6. The position measuring mechanism of claim 2, wherein the driver is current controlled to a stator mounted on the base and connected to a motion controller using a field bus.

7. The position measuring mechanism of claim 6, wherein the first sensing portion is located on a left side of the stator and the second sensing portion is located on a right side of the stator;

the spacing distance between the first sensing part and the second sensing part is an integer multiple of the magnetic period of the magnet array;

the length of the magnet array is greater than the spacing distance between the first sensing part and the second sensing part, and the magnet array is at least four magnetic periods of the magnet array;

the third sensing part provides a combination point as a reference to combine the signals of the first sensing part and the second sensing part.

8. A position measuring method of a linear motion system, which combines the signals respectively sensed by the first sensing portion and the second sensing portion of any one of claims 1 to 7 in a measuring range by a combination point.

9. The method of claim 8, wherein the measurement range is defined by the joint point as a first measurement section of the first sensor and a second measurement section of the second sensor, the first measurement section and the second measurement section are respectively disposed along the motion direction of the motion portion and are adjacent to each other.
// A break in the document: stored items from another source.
ghost use Rattle.std.specs.Prelude.{◌≡◌};
ghost use Rattle.lsi_refresh.specs.Announcement.{announced};
ghost use Rattle.uicc_channels.specs.CommandOutcome.{outcome_of};

use apdu_codec::Sw;
use uicc_channels::{Decided, Refresh, Session};

/// Announces a REFRESH that waits after a command (ETSI TS 102 221, normal ending with a proactive
/// command).
///
/// The session is the one before the command, and `into` what was decided on it. Where the REFRESH
/// waits to be fetched after the command, an answer that ends in `9000` ends in `910B`; its body
/// stays. Every other answer stays, and so does all else that was decided. A card calls it once,
/// over every command. It takes no memory.
pub fn announce(session: &Session, into: &mut Decided)
    ensures { outcome_of session.now into.new ≡ announced (outcome_of session.now into.old) }
{
    let refresh = into.session.refresh.unwrap_or(session.refresh);
    if refresh == Refresh::Announced && into.answer.sw == Sw::OK {
        into.answer.sw = Sw::PROACTIVE;
    }
}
10. The method of claim 9, wherein:

when the moving part moves and displaces from left to right, the starting point of the measuring range is defined as: the amplitude of the signal sensed by the first sensing portion is greater than the low threshold, and the sub-period position of the signal sensed by the first sensing portion is equal to 180 °; the end of the measurement range is defined as: the amplitude of the signal sensed by the second sensing portion is smaller than the low threshold, and the sub-period position of the signal sensed by the second sensing portion is equal to 180 °.